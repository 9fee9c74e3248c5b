//! Many steps of a state, one after another.
ghost use Rattle.std.specs.Prelude.{◌≡◌, ◌≢◌, ◌⊎◌, ◌+◌, ◌≤◌, ◌<◌, true, false};
ghost use Rattle.asc_model.specs.Machine.{view_of};
ghost use Rattle.asc_model.specs.Plain.{plain};
ghost use Rattle.asc_model.specs.Step.{Went, next};
ghost use Rattle.asc_step.specs.Step.{Climbs, Lowers, PassesBy, stepped_of};

use crate::Stepped;
use crate::stepping::step_of;
use asc_outside::Steps;
use asc_shape::State;
use std::sync::ledger::Ledger;

/// The loop of `step_many`.
struct Many;

/// The loop of `step_until`.
struct Until;

/// The loop of `step_down`.
struct Down;

/// Takes steps of a state until `most` are done, or the next one would be a guest call or a fault. It answers how many
/// were done, and what the last attempt answered: `Went` where all were.
///
/// It is never taken into its caller, so that all that a step needs stays in the processor's registers.
#[inline(never)]
pub fn step_many<L: Ledger>(state: &mut State, most: u64, steps: &mut Steps<L>) -> (u64, Stepped)
    ensures goes { plain result.0 state.old ≡ Went state.new }
    ensures counter { steps.new ≡ steps.old + result.0 }
    ensures most { result.0 ≤ most }
    ensures all { result.1 ≡ Stepped.Went → result.0 ≡ most }
    ensures fewer { result.1 ≢ Stepped.Went → result.0 < most }
    ensures ends { result.1 ≢ Stepped.Went → result.1 ≡ stepped_of (next state.new) }
{
    let shape = state.shape();
    let mut count = 0;
    while count < most {
        match step_of::<State, L, Many>(state, shape, steps) {
            Stepped::Went => count += 1,
            ended => return (count, ended),
        }
    }
    (count, Stepped::Went)
}

/// Takes steps of a state as `step_many` does, but no further than the first one that leads to this pc. A state that
/// stands there at first goes on.
#[inline(never)]
pub fn step_until<L: Ledger>(
    state: &mut State,
    pc: u32,
    most: u64,
    steps: &mut Steps<L>,
) -> (u64, Stepped)
    ensures goes { plain result.0 state.old ≡ Went state.new }
    ensures passes { PassesBy state.old pc result.0 }
    ensures counter { steps.new ≡ steps.old + result.0 }
    ensures most { result.0 ≤ most }
    ensures all { result.1 ≡ Stepped.Went → (result.0 ≡ most) ⊎ ((0 < result.0) × ((view_of state.new).pc ≡ pc)) }
    ensures fewer { result.1 ≢ Stepped.Went → result.0 < most }
    ensures ends { result.1 ≢ Stepped.Went → result.1 ≡ stepped_of (next state.new) }
{
    let shape = state.shape();
    let mut done = 0;
    while done < most {
        match step_of::<State, L, Until>(state, shape, steps) {
            Stepped::Went => done += 1,
            ended => return (done, ended),
        }
        if state.pc() == pc {
            break;
        }
    }
    (done, Stepped::Went)
}

/// Takes steps of a state as `step_many` does, but no further than the first one that lowers the pc. It answers how many
/// were done, whether the last of them lowered it, and what the last attempt answered.
#[inline(never)]
pub fn step_down<L: Ledger>(
    state: &mut State,
    most: u64,
    steps: &mut Steps<L>,
) -> (u64, bool, Stepped)
    ensures goes { plain result.0 state.old ≡ Went state.new }
    ensures climbs { Climbs state.old result.0 }
    ensures down { result.1 ≡ true → Lowers state.old result.0 }
    ensures last { result.1 ≡ true → result.2 ≡ Stepped.Went }
    ensures up { result.1 ≡ false → Climbs state.old (result.0 + 1) }
    ensures counter { steps.new ≡ steps.old + result.0 }
    ensures most { result.0 ≤ most }
    ensures all { result.2 ≡ Stepped.Went → (result.0 ≡ most) ⊎ (result.1 ≡ true) }
    ensures fewer { result.2 ≢ Stepped.Went → result.0 < most }
    ensures ends { result.2 ≢ Stepped.Went → result.2 ≡ stepped_of (next state.new) }
{
    let shape = state.shape();
    let mut done = 0;
    let mut from = state.pc();
    while done < most {
        match step_of::<State, L, Down>(state, shape, steps) {
            Stepped::Went => done += 1,
            ended => return (done, false, ended),
        }
        let pc = state.pc();
        if pc < from {
            return (done, true, Stepped::Went);
        }
        from = pc;
    }
    (done, false, Stepped::Went)
}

#### [WHAT IS BEING ASKED]
Copy out each line of the records where the string "struct" appears.

#### [TASK SOLUTION]
struct Many;
struct Until;
struct Down;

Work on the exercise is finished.